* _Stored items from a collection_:
== == ==

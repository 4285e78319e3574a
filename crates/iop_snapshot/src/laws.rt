//! Laws of forms: to spell and to read are inverse, and each way of making a form of others keeps
//! this; and which bytes stand where. Each is the contract of a function that does nothing.

ghost use Rattle.iop_snapshot.specs.Laws.{ItemsAreLawful, BothIsLawful, SeenIsLawful, SeenTestedIsLawful, TestedIsLawful, PresentIsLawful, SeriesIsLawful, FollowingIsSeries, NoneBeginsAnother, WholeIsExact, LawfulFormsAgree};
ghost use Rattle.iop_snapshot.specs.Layout.{ItemsAreLaid, ListsBeginWithCount, RepeatedIsLawful};

/// Items, and so many bytes, are read as they were spelled.
pub fn items_are_lawful()
    ensures { ItemsAreLawful }
{}

/// A value and behind it another, whose form may depend on the first.
pub fn both_is_lawful<X, Y>()
    ensures { BothIsLawful X Y }
{}

/// A value that is seen as one of another type, and goes back.
pub fn seen_is_lawful<X, Y>()
    ensures { SeenIsLawful X Y }
{}

/// A value that passes a test, where such a one is seen as one of another type, and goes back.
pub fn seen_tested_is_lawful<X, Y>()
    ensures { SeenTestedIsLawful X Y }
{}

/// The values that pass a test.
pub fn tested_is_lawful<X>()
    ensures { TestedIsLawful X }
{}

/// A value that is there exactly where something else says so.
pub fn present_is_lawful<X>()
    ensures { PresentIsLawful X }
{}

/// A list, the forms of whose items may depend on the items before.
pub fn series_is_lawful<X>()
    ensures { SeriesIsLawful X }
{}

/// A list of one form whose items pass a test beside those before them.
pub fn following_is_series<X>()
    ensures { FollowingIsSeries X }
{}

/// No spelling is the front of another: the spelling of a part tells where it ends.
pub fn none_begins_another<X>()
    ensures { NoneBeginsAnother X }
{}

/// Bytes are read as a whole exactly where they are the spelling of a value that fits.
pub fn whole_is_exact<X>()
    ensures { WholeIsExact X }
{}

/// Lawful forms of one spelling, by which the same values fit, read the same.
pub fn lawful_forms_agree<X>()
    ensures { LawfulFormsAgree X }
{}

/// So many items of one form, without a count.
pub fn repeated_is_lawful<X>()
    ensures { RepeatedIsLawful X }
{}

/// An item takes as many bytes as its widths say, and holds its numbers one behind the other, the
/// lowest byte of each first.
pub fn items_are_laid()
    ensures { ItemsAreLaid }
{}

/// A list begins with the four bytes of its count, and its items follow.
pub fn lists_begin_with_count<X>()
    ensures { ListsBeginWithCount X }
{}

== == ==

* _What you will do_: Copy every record above exactly as it appears.

* _Response to this task_:
repository 4285e78319e3574a
filename crates/iop_snapshot/src/laws.rt
//! Laws of forms: to spell and to read are inverse, and each way of making a form of others keeps
//! this; and which bytes stand where. Each is the contract of a function that does nothing.

ghost use Rattle.iop_snapshot.specs.Laws.{ItemsAreLawful, BothIsLawful, SeenIsLawful, SeenTestedIsLawful, TestedIsLawful, PresentIsLawful, SeriesIsLawful, FollowingIsSeries, NoneBeginsAnother, WholeIsExact, LawfulFormsAgree};
ghost use Rattle.iop_snapshot.specs.Layout.{ItemsAreLaid, ListsBeginWithCount, RepeatedIsLawful};

/// Items, and so many bytes, are read as they were spelled.
pub fn items_are_lawful()
    ensures { ItemsAreLawful }
{}

/// A value and behind it another, whose form may depend on the first.
pub fn both_is_lawful<X, Y>()
    ensures { BothIsLawful X Y }
{}

/// A value that is seen as one of another type, and goes back.
pub fn seen_is_lawful<X, Y>()
    ensures { SeenIsLawful X Y }
{}

/// A value that passes a test, where such a one is seen as one of another type, and goes back.
pub fn seen_tested_is_lawful<X, Y>()
    ensures { SeenTestedIsLawful X Y }
{}

/// The values that pass a test.
pub fn tested_is_lawful<X>()
    ensures { TestedIsLawful X }
{}

/// A value that is there exactly where something else says so.
pub fn present_is_lawful<X>()
    ensures { PresentIsLawful X }
{}

/// A list, the forms of whose items may depend on the items before.
pub fn series_is_lawful<X>()
    ensures { SeriesIsLawful X }
{}

/// A list of one form whose items pass a test beside those before them.
pub fn following_is_series<X>()
    ensures { FollowingIsSeries X }
{}

/// No spelling is the front of another: the spelling of a part tells where it ends.
pub fn none_begins_another<X>()
    ensures { NoneBeginsAnother X }
{}

/// Bytes are read as a whole exactly where they are the spelling of a value that fits.
pub fn whole_is_exact<X>()
    ensures { WholeIsExact X }
{}

/// Lawful forms of one spelling, by which the same values fit, read the same.
pub fn lawful_forms_agree<X>()
    ensures { LawfulFormsAgree X }
{}

/// So many items of one form, without a count.
pub fn repeated_is_lawful<X>()
    ensures { RepeatedIsLawful X }
{}

/// An item takes as many bytes as its widths say, and holds its numbers one behind the other, the
/// lowest byte of each first.
pub fn items_are_laid()
    ensures { ItemsAreLaid }
{}

/// A list begins with the four bytes of its count, and its items follow.
pub fn lists_begin_with_count<X>()
    ensures { ListsBeginWithCount X }
{}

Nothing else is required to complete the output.